La crisis pro­vo­cada por la pan­demia es una oca­sión para poner al sector ener­gé­tico en el ca­mino de la sos­te­ni­bi­li­dad, con cre­ci­miento global y em­pleo. Así lo ase­gura la Agencia Internacional de la Energía ante los planes de ayuda puestos en marcha por los go­biernos y los bancos cen­trales para in­cen­tivar la reac­ti­va­ción.

La agencia calcula que con una inversión de alrededor de un billón (europeo) de dólares anuales en los tres próximos ejercicios, equivalente al 0,7% del Producto Interior Bruto mundial, el crecimiento se aceleraría en 1,1 puntos de media al año. De tal modo, en 2023 el PIB global sería un 3,5% superior al que habría sin el plan para la energía. Eso permitiría salvar o crear nueve millones de empleos al año durante el próximo trienio.

Una aportación importante, pues según el estudio realizado por la AIE, de los 40 millones de personas que trabajan en el sector energético tres millones pueden perder su trabajo con la crisis del coronavirus, y otros tres millones están en riesgo en actividades anexas, como el automóvil, la industria y la construcción.

La gran mayoría de las nuevas creaciones de puestos de trabajo, de hecho, serían para la reforma de viviendas y otras medidas de eficiencia energética, así como para la electricidad, particularmente en la construcción y el mantenimiento de redes y de instalaciones de generación renovables.
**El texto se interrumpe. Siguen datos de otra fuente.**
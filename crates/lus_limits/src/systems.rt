//! How large the systems of a program's declarations are.

ghost use Rattle.std.specs.Prelude.{◌≡◌, ◌+◌, ◌<◌, IfOk, get_or, length, map};
ghost use Rattle.lus_tree.specs.View.{program_view};
ghost use Rattle.lus_meaning.specs.ClockFaults.{components};
ghost use Rattle.lus_meaning.specs.Program.{all_sites};
ghost use Rattle.lus_meaning.specs.Refusals.{IsChecked};
ghost use Rattle.lus_meaning.specs.Scene.{no_component};
ghost use Rattle.lus_limits.specs.Calls.{called_of};
ghost use Rattle.lus_limits.specs.Contracted.{summary_seen};
ghost use Rattle.lus_limits.specs.Measured.{size_view};
ghost use Rattle.lus_limits.specs.Nodes.{node_terms};
ghost use Rattle.lus_limits.specs.SizeCuts.{cut_term};
ghost use Rattle.lus_limits.specs.Summaries.{cut, sofar_count};
ghost use Rattle.lus_limits.specs.Tables.{IsTableOf};
ghost use Rattle.lus_limits.specs.SystemSizes.{system_size};
ghost use Rattle.lus_streams.specs.Owner.{owner_view};

use crate::calls::Way;
use crate::contract_size::SizeSummary;
use crate::needs::needs_at;
use crate::node_size::node_terms;
use crate::settling::{Table, all_needs};
use crate::sites::calls_of;
use crate::summing::{Summary, sofar_count, sum};
use crate::term_size::Size;
use lus_streams::lookup::with_streams;
use lus_streams::owner::Owner;
use lus_streams::streams::streams_of;
use lus_tree::Program;
use std::alloc::{AllocError, Global};

/// How large the system of a declaration is: how many properties and variables it has, and the greatest levels and the
/// greatest parts of its terms. Each number is cut one past the greatest limit of its kind: at 20,001, levels at 4,001,
/// parts at 1,000,001.
#[derive(Clone, Copy)]
pub struct SystemSize {
    pub properties: usize,
    pub variables: usize,
    pub levels: u32,
    pub parts: u32,
}

/// How many variables a declaration's frame has where it runs plainly.
fn variables(counts: &Summary) -> usize
    ensures { result ≡ cut (counts.now.frame + sofar_count Way.Plain counts.now.contract) }
{
    sum(counts.frame, sofar_count(Way::Plain, counts.contract))
}

/// The greatest of the terms of a declaration's system, cut.
fn terms(
    alloc: Global,
    table: &Table<'_>,
    owner: Owner<'_>,
    sizes: &SizeSummary,
) -> Result<Size, AllocError>
    requires { length table.now.known.items ≡ length table.now.names }
    ensures { IfOk result (λ s. size_view s ≡ cut_term (node_terms table.now.names table.now.known.items
        (map called_of (all_sites (owner_view owner.entry))) (owner_view owner.entry) (summary_seen sizes.now))) }
{
    let calls = calls_of(alloc, owner)?;
    let streams = streams_of(alloc, owner)?;
    let names = with_streams(owner, &streams);
    Ok(node_terms(names, &table.names, &table.known, &calls, sizes))
}

/// How large the system of the declaration with that number is.
fn system_size(
    alloc: Global,
    program: &Program,
    table: &Table<'_>,
    number: usize,
) -> Result<SystemSize, AllocError>
    requires checked { IsChecked (program_view program.now) }
    requires known { IsTableOf (program_view program.now) table.now }
    requires below { number < length (components (program_view program.now)) }
    ensures { IfOk result (λ t. t ≡ system_size (program_view program.now)
        (get_or (components (program_view program.now)) number no_component)) }
{
    let _ = program;
    let needs = needs_at(&table.known, number).unwrap();
    let terms = terms(alloc, table, table.parts[number], &needs.sizes)?;
    Ok(SystemSize {
        properties: needs.counts.properties,
        variables: variables(&needs.counts),
        levels: terms.levels,
        parts: terms.parts,
    })
}

/// How large the systems of a program's declarations are, in text order, constants left out.
///
/// # Errors
///
/// Want of memory.
pub fn system_sizes(alloc: Global, program: &Program) -> Result<Vec<SystemSize>, AllocError>
    requires checked { IsChecked (program_view program.now) }
    ensures { IfOk result (λ v. v.items
        ≡ map (system_size (program_view program.now)) (components (program_view program.now))) }
{
    let table = all_needs(alloc, program)?;
    let mut sizes = Vec::with_capacity(alloc, table.parts.len())?;
    for number in 0..table.parts.len() {
        sizes.push(system_size(alloc, program, &table, number)?)?;
    }
    Ok(sizes)
}
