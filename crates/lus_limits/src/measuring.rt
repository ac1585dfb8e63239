//! The sizes of the terms of expressions.

ghost use Rattle.std.specs.Prelude.{◌≡◌, ◌&&◌, cond, false, not, length, map, option_map, option_to_list, unwrap_or};
ghost use Rattle.std.specs.Map.{lookup};
ghost use Rattle.lus_tree.specs.Tree.{Place, text_of};
ghost use Rattle.lus_tree.specs.View.{expr_view, form_view, word_view};
ghost use Rattle.lus_meaning.specs.Depends.{named_in};
ghost use Rattle.lus_meaning.specs.Scene.{variables};
ghost use Rattle.lus_meaning.specs.Meaning.{mode_key, same_path};
ghost use Rattle.lus_meaning.specs.Sizes.{either, is_fixed, leaf, operator_size, size_in};
ghost use Rattle.lus_limits.specs.Measured.{mode_view, modes_view, name_seen, size_view};
ghost use Rattle.lus_streams.specs.Names.{names_view};
ghost use Rattle.lus_limits.specs.SizeCuts.{cut_term};

use crate::term_size::{Size, cut, leaf, one, three, two};
use lus_streams::names::Names;
use lus_tree::{Expr, Form, Operator, PlacedName};

/// The size of a mode's requires: of one of the contract itself, or of one that it imports.
#[derive(Drop)]
pub(crate) struct ModeSize {
    pub(crate) contract: Option<PlacedName>,
    pub(crate) mode: PlacedName,
    pub(crate) size: Size,
}

/// The names of a declaration, and the modes that are known.
#[derive(Clone, Copy)]
pub(crate) struct Scope<'a, 's> {
    pub(crate) names: Names<'a, 's>,
    pub(crate) modes: &'s [ModeSize],
}

/// Whether an expression is a constant, and its size.
#[derive(Clone, Copy)]
pub(crate) struct Measured {
    pub(crate) fixed: bool,
    pub(crate) size: Size,
}

/// Whether two names, where they are given, are the same, or neither is given.
fn is_same_contract(left: &Option<PlacedName>, right: &Option<PlacedName>) -> bool
    ensures { result ≡ same_path (option_to_list (option_map name_seen left.now))
        (option_to_list (option_map name_seen right.now)) }
{
    match (left, right) {
        (Some(left), Some(right)) => left.text.as_str() == right.text.as_str(),
        (None, None) => true,
        (Some(_), None) | (None, Some(_)) => false,
    }
}

/// Whether it is that mode.
fn is_named(entry: &ModeSize, contract: &Option<PlacedName>, mode: &PlacedName) -> bool
    ensures { result ≡ mode_key (option_to_list (option_map name_seen contract.now), (word_view mode.now).text)
        (mode_view entry.now).0 }
{
    is_same_contract(contract, &entry.contract) && mode.text.as_str() == entry.mode.text.as_str()
}

/// The size of the first mode of that name, cut.
fn mode_size(modes: &[ModeSize], contract: &Option<PlacedName>, mode: &PlacedName) -> Size
    ensures { size_view result ≡ cut_term (unwrap_or (lookup
        (mode_key (option_to_list (option_map name_seen contract.now), (word_view mode.now).text))
        (modes_view modes.now)) leaf) }
{
    for entry in modes {
        if is_named(entry, contract, mode) {
            return cut(entry.size);
        }
    }
    leaf()
}

/// Whether a name is of a constant.
fn is_constant(names: Names<'_, '_>, name: &str) -> bool
    ensures { result ≡ not (named_in name.now (map (λ v. v.name.text) (variables (names_view names.entry)))) }
{
    names.clock(name).is_none()
}

/// Of what is a constant a leaf.
fn unless_fixed(fixed: bool, size: Size) -> Size
    ensures { size_view result ≡ cond fixed leaf (size_view size) }
{
    if fixed { leaf() } else { size }
}

/// Of a disjunction.
fn either(left: Size, right: Size) -> Size
    ensures { size_view result ≡ cut_term (either (size_view left) (size_view right)) }
{
    one(two(one(left), one(right)))
}

/// Of an operator's term, whose left operand is a constant or not.
fn operated(operator: Operator, fixed: bool, left: Size, right: Size) -> Size
    ensures { size_view result ≡ cut_term (operator_size operator fixed (size_view left) (size_view right)) }
{
    match operator {
        Operator::Implies => one(two(left, one(right))),
        Operator::Or => either(left, right),
        Operator::And
        | Operator::AtMost
        | Operator::AtLeast
        | Operator::Equal
        | Operator::Add
        | Operator::Sub => two(left, right),
        Operator::Mul => one(if fixed { right } else { left }),
        Operator::Div | Operator::Mod => one(left),
        Operator::Xor | Operator::Less | Operator::Differs | Operator::More => one(two(
            left, right,
        )),
    }
}

/// What is a constant or not, of a term of that size where it is none.
fn judged(fixed: bool, size: Size) -> Measured
    ensures fixed { result.fixed ≡ fixed }
    ensures size { size_view result.size ≡ cond fixed leaf (size_view size) }
{
    Measured {
        fixed,
        size: unless_fixed(fixed, size),
    }
}

/// What is no constant.
fn varying(size: Size) -> Measured
    ensures fixed { result.fixed ≡ false }
    ensures size { size_view result.size ≡ size_view size }
{
    Measured { fixed: false, size }
}

/// Whether an expression is a constant, and the size of its term.
#[cycle(measure)]
#[tactic(auto, using(lus_tree::proofs::Views::form_views))]
pub(crate) fn measure(scope: &Scope<'_, '_>, e: &Expr) -> Measured
    ensures fixed { result.fixed ≡ is_fixed (names_view scope.now.names) (expr_view e.now) }
    ensures size { size_view result.size
        ≡ cut_term (size_in (names_view scope.now.names) (modes_view scope.now.modes.now) (expr_view e.now)) }
{
    match &e.form {
        Form::Truth(_) | Form::Number(_) => Measured {
            fixed: true,
            size: leaf(),
        },
        Form::Name(x) => Measured {
            fixed: is_constant(scope.names, x),
            size: leaf(),
        },
        Form::Not(a) | Form::Minus(a) => {
            let inner = measure(scope, a);
            judged(inner.fixed, one(inner.size))
        }
        Form::Binary(operator, a, b) => {
            let left = measure(scope, a);
            let right = measure(scope, b);
            let size = operated(*operator, left.fixed, left.size, right.size);
            judged(left.fixed && right.fixed, size)
        }
        Form::If(a, b, c) => {
            let condition = measure(scope, a);
            let chosen = measure(scope, b);
            let otherwise = measure(scope, c);
            let fixed = condition.fixed && chosen.fixed && otherwise.fixed;
            judged(fixed, three(condition.size, chosen.size, otherwise.size))
        }
        Form::When(a, _, _) => varying(measure(scope, a).size),
        Form::Arrow(_, a, b) | Form::Merge(_, a, b) => {
            varying(three(leaf(), measure(scope, a).size, measure(scope, b).size))
        }
        Form::Pre(_, _) | Form::Call(_, _, _) => varying(leaf()),
        Form::Condact(_, _, _, _, _) => varying(three(leaf(), leaf(), leaf())),
        Form::ModeName(contract, mode) => varying(mode_size(scope.modes, contract, mode)),
    }
}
El plan propuesto tiene una sólida base medioambiental pues reduciría las emisiones de gases de efecto invernadero, principalmente dióxido de carbono, en unos 4.500 millones de toneladas y disminuiría en un 5% las causantes de contaminación atmosférica, con las implicaciones beneficiosas que eso tendría para la salud.
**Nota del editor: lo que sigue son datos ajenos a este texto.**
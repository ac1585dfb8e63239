//! How many levels and parts terms have, cut one past the limits.

ghost use Rattle.std.specs.Prelude.{◌≡◌, ◌+◌, max, min};
ghost use Rattle.lus_meaning.specs.Sizes.{leaf, one, three, two};
ghost use Rattle.lus_limits.specs.Peaks.{greater, no_size};
ghost use Rattle.lus_limits.specs.SizeCuts.{cut_term, level_bound, part_bound};
ghost use Rattle.lus_limits.specs.Measured.{size_view};

/// One past the greatest levels of a term.
const LEVEL_BOUND: u32 = 4_001;

/// One past the greatest parts of a term.
const PART_BOUND: u32 = 1_000_001;

/// The levels and parts of a term, or the greatest ones of some terms.
#[derive(Clone, Copy)]
pub struct Size {
    pub levels: u32,
    pub parts: u32,
}

/// Levels, cut.
pub(crate) fn cut_levels(levels: u32) -> u32
    ensures { result ≡ min level_bound levels }
{
    if levels < LEVEL_BOUND {
        levels
    } else {
        LEVEL_BOUND
    }
}

/// Parts, cut.
fn cut_parts(parts: u32) -> u32
    ensures { result ≡ min part_bound parts }
{
    if parts < PART_BOUND {
        parts
    } else {
        PART_BOUND
    }
}

/// A sum of parts, cut.
pub(crate) fn sum_parts(left: u32, right: u32) -> u32
    ensures { result ≡ min part_bound (left + right) }
{
    cut_parts(left.saturating_add(right))
}

/// The greater of two numbers.
pub(crate) fn greatest(left: u32, right: u32) -> u32
    ensures { result ≡ max left right }
{
    if left < right { right } else { left }
}

/// A size, cut.
pub(crate) fn cut(size: Size) -> Size
    ensures { size_view result ≡ cut_term (size_view size) }
{
    Size {
        levels: cut_levels(size.levels),
        parts: cut_parts(size.parts),
    }
}

/// Of no term.
pub(crate) fn no_size() -> Size
    ensures { size_view result ≡ no_size }
{
    Size {
        levels: 0,
        parts: 0,
    }
}

/// Of a variable or a constant.
pub(crate) fn leaf() -> Size
    ensures { size_view result ≡ leaf }
{
    Size {
        levels: 1,
        parts: 1,
    }
}

/// The greater levels and the greater parts.
pub(crate) fn greater(left: Size, right: Size) -> Size
    ensures { size_view result ≡ greater (size_view left) (size_view right) }
{
    Size {
        levels: greatest(left.levels, right.levels),
        parts: greatest(left.parts, right.parts),
    }
}

/// Of a term of one.
pub(crate) fn one(inner: Size) -> Size
    ensures { size_view result ≡ cut_term (one (size_view inner)) }
{
    Size {
        levels: cut_levels(inner.levels.saturating_add(1)),
        parts: cut_parts(inner.parts.saturating_add(1)),
    }
}

/// Of a term of two.
pub(crate) fn two(left: Size, right: Size) -> Size
    ensures { size_view result ≡ cut_term (two (size_view left) (size_view right)) }
{
    let parts = left.parts.saturating_add(right.parts);
    Size {
        levels: cut_levels(greatest(left.levels, right.levels).saturating_add(1)),
        parts: cut_parts(parts.saturating_add(1)),
    }
}

/// Of a term of three.
pub(crate) fn three(first: Size, second: Size, third: Size) -> Size
    ensures { size_view result ≡ cut_term (three (size_view first) (size_view second) (size_view third)) }
{
    let levels = greatest(first.levels, greatest(second.levels, third.levels));
    let parts = second.parts.saturating_add(third.parts);
    Size {
        levels: cut_levels(levels.saturating_add(1)),
        parts: cut_parts(first.parts.saturating_add(parts).saturating_add(1)),
    }
}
De implementarse correctamente, 2019 marcaría el pico histórico de emisiones de CO2 y se iniciaría una tendencia descendente duradera para poner al mundo en disposición de cumplir los objetivos climáticos de largo plazo, incluido el Acuerdo de París. Adicionalmente, 420 millones de personas en países pobres tendrían acceso a sistemas limpios para cocinar, al prescindir por ejemplo de la leña o el carbón, y 270 millones quedarían conectados a la electricidad.
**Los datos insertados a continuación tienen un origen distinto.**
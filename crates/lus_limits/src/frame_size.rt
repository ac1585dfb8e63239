//! The sizes of the terms of a declaration's frame.

ghost use Rattle.std.specs.Prelude.{◌≡◌, ◌++◌, ◌∷◌, [], IfOk, map};
ghost use Rattle.lus_tree.specs.View.{contract_item_view, param_view};
ghost use Rattle.lus_meaning.specs.Depends.{left_names};
ghost use Rattle.lus_meaning.specs.Scene.{ghosts, variables};
ghost use Rattle.lus_limits.specs.Contracted.{contract_seen, summaries_seen, summary_seen};
ghost use Rattle.lus_limits.specs.Frames.{frame_at, frames_of, own_known, summary_by_items};
ghost use Rattle.lus_limits.specs.Known.{HasThese};
ghost use Rattle.lus_limits.specs.Measured.{modes_view, size_view};
ghost use Rattle.lus_limits.specs.OwnTerms.{free_terms, own_terms};
ghost use Rattle.lus_limits.specs.Peaks.{greater, peak};
ghost use Rattle.lus_limits.specs.SizeCuts.{cut_peaks, cut_summary, cut_term};
ghost use Rattle.lus_limits.specs.SizeSummaries.{all_given, contract_by, inputs_given, sofar_by};
ghost use Rattle.lus_streams.specs.Names.{names_view};
ghost use Rattle.lus_streams.specs.Owner.{owner_view};

use crate::calls::{Call, Way};
use crate::contract_size::{ContractSize, SizeSummary, contract_size};
use crate::known::{known_when_called, known_when_imported};
use crate::measuring::Scope;
use crate::own::{all_contract_terms, body_terms, constant_terms, free_term, free_terms};
use crate::part::has_contract;
use crate::term_size::{Size, cut, greater, leaf, no_size, one, two};
use lus_streams::names::Names;
use lus_streams::owner::Owner;
use lus_tree::ContractItem;
use name_table::NameTable;
use std::alloc::{AllocError, Global};

/// Of a callee's frame, as the call runs it.
fn frame_at(call: &Call<'_>, link: &SizeSummary) -> Size
    ensures { size_view result ≡ frame_at call.now.way (summary_seen link.now) }
{
    match call.way {
        Way::Import => link.imported,
        Way::Plain | Way::Condition => link.called,
    }
}

/// The greatest of the callees' frames, by the numbers of the calls.
#[tactic(auto, using(crate::proofs::Greatest::greatest_on, crate::proofs::Greatest::greatest_cut, crate::proofs::Greatest::greatest_end))]
fn frames(calls: &[Call<'_>], links: &[&SizeSummary]) -> Size
    ensures { size_view result ≡ cut_term (frames_of (map (λ c. c.way) calls.now) (summaries_seen links.now)) }
{
    let mut size = no_size();
    let mut i = 0;
    while i < calls.len() && i < links.len() {
        size = greater(size, cut(frame_at(&calls[i], links[i])));
        i += 1;
    }
    size
}

/// Of whether all assumptions were true so far, where there is a contract.
fn sofar_terms(owner: Owner<'_>, whole: Size) -> Size
    ensures { size_view result ≡ cut_term (peak (sofar_by (owner_view owner.entry).contract (size_view whole))) }
{
    if has_contract(owner) {
        two(leaf(), two(leaf(), one(two(leaf(), one(whole)))))
    } else {
        no_size()
    }
}

/// Of a ghost variable that is not among these names.
fn free_ghost<'a>(known: &NameTable, names: Names<'a, '_>, item: &'a ContractItem) -> Size
    ensures { size_view result ≡ cut_term (free_terms known.now (names_view names.entry)
        (ghosts (contract_item_view item.now ∷ []))) }
{
    match item {
        ContractItem::Ghost(stream, _) => free_term(known, names, stream),
        ContractItem::Assume(_)
        | ContractItem::Guarantee(_)
        | ContractItem::Constant(_)
        | ContractItem::Mode(_, _, _)
        | ContractItem::Import(_, _, _, _) => no_size(),
    }
}

/// Of the ghost variables that are not among these names.
#[tactic(auto, using(crate::proofs::Greatest::greatest_on, crate::proofs::Greatest::greatest_cut, crate::proofs::Greatest::greatest_end, crate::proofs::Frames::free_ghosts))]
fn free_ghosts<'a>(known: &NameTable, names: Names<'a, '_>, items: &'a [ContractItem]) -> Size
    ensures { size_view result ≡ cut_term (free_terms known.now (names_view names.entry)
        (ghosts (map contract_item_view items.now))) }
{
    let mut size = no_size();
    for item in items {
        size = greater(size, free_ghost(known, names, item));
    }
    size
}

/// Of all streams that are not among these names.
fn all_free<'a>(known: &NameTable, names: Names<'a, '_>) -> Size
    ensures { size_view result ≡ cut_term (free_terms known.now (names_view names.entry)
        (variables (names_view names.entry))) }
{
    let ghosts = free_ghosts(known, names, names.owner.contract());
    let locals = free_terms(known, names, names.owner.locals());
    let outputs = free_terms(known, names, names.owner.outputs());
    let inputs = free_terms(known, names, names.owner.inputs());
    greater(inputs, greater(outputs, greater(locals, ghosts)))
}

/// Of a declaration's own terms and of what stands for its calls, where these names are given.
#[tactic(auto, using(crate::proofs::Frames::own_by_parts))]
fn own_terms<'a>(names: Names<'a, '_>, contract: &ContractSize, known: &NameTable) -> Size
    ensures { size_view result ≡ cut_term (own_known known.now (names_view names.entry) (contract_seen contract.now)) }
{
    let scope = Scope {
        names,
        modes: &contract.modes,
    };
    let contract_terms = all_contract_terms(&scope, names.owner.contract());
    let constants = constant_terms(&scope, names.owner.constants());
    let body = body_terms(&scope, names.owner.body());
    let free = all_free(known, names);
    let sofar = sofar_terms(names.owner, contract.assumed.whole);
    greater(
        contract_terms,
        greater(constants, greater(body, greater(free, sofar))),
    )
}

/// Of a declaration's frame where the caller gives the inputs, with the greatest of the callees' frames.
fn called_size<'a>(
    alloc: Global,
    names: Names<'a, '_>,
    contract: &ContractSize,
    callees: Size,
) -> Result<Size, AllocError>
    ensures { IfOk result (λ s. size_view s ≡ greater (cut_term (own_terms (inputs_given (names_view names.entry))
        (names_view names.entry) (contract_seen contract.now))) (size_view callees)) }
{
    let known = known_when_called(alloc, names.owner)?;
    let own = own_terms(names, contract, &known);
    Ok(greater(own, callees))
}

/// The same where the caller gives the outputs too.
fn imported_size<'a>(
    alloc: Global,
    names: Names<'a, '_>,
    contract: &ContractSize,
    callees: Size,
) -> Result<Size, AllocError>
    ensures { IfOk result (λ s. size_view s ≡ greater (cut_term (own_terms (all_given (names_view names.entry))
        (names_view names.entry) (contract_seen contract.now))) (size_view callees)) }
{
    let known = known_when_imported(alloc, names.owner)?;
    let own = own_terms(names, contract, &known);
    Ok(greater(own, callees))
}

/// What callers need of the sizes of a declaration's terms, by its calls and the summaries of what
/// they name, by number.
///
/// # Errors
///
/// Want of memory.
pub(crate) fn size_summary<'a>(
    alloc: Global,
    names: Names<'a, '_>,
    calls: &[Call<'_>],
    links: &[&SizeSummary],
) -> Result<SizeSummary, AllocError>
    ensures { IfOk result (λ z. summary_seen z ≡ cut_summary (summary_by_items (map (λ c. c.way) calls.now)
        (summaries_seen links.now) (names_view names.entry))) }
{
    let contract = contract_size(alloc, names, names.owner.contract(), links)?;
    let callees = frames(calls, links);
    let called = called_size(alloc, names, &contract, callees)?;
    let imported = imported_size(alloc, names, &contract, callees)?;
    Ok(SizeSummary {
        contract,
        called,
        imported,
    })
}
Para ello, la AIE propone en su informe actuar en seis sectores claves: la electricidad, el transporte, la industria, la construcción, los combustibles y las tecnologías emergentes.

Entre las medidas más destacadas se sugiere un mayor y más rápido despliegue de energías renovables como la solar y la eólica o una expansión y modernización de las redes eléctricas; mejorar la eficiencia energética de los edificios o favorecer un transporte más limpio con vehículos eléctricos y más eficientes, así como trenes de alta velocidad.

También apuesta por la producción y el uso de combustibles más sostenibles y el impulso de la innovación de tecnologías "cruciales" como el hidrógeno, las baterías, la captura y el almacenamiento de carbono o pequeños reactores nucleares modulares.

La agencia, que ha trabajado con el Fondo Monetario Internacional para la elaboración de este informe, parte de la hipótesis de que la crisis provocará un bajón del 6% del PIB mundial este año y de que solo durante el actual trimestre se perderán unos 300 millones de empleos. El choque va a tener fuertes consecuencias también para el sector de la energía, y una de ellas es un hundimiento del 20% de las inversiones durante este año.

La crisis, por tanto, supone una gran oportunidad para realizar cambios significativos, donde las “utilities” españolas, sobre todo aquellas con más peso en energías renovables, deben tener un papel relevante en la reconstrucción de la economía.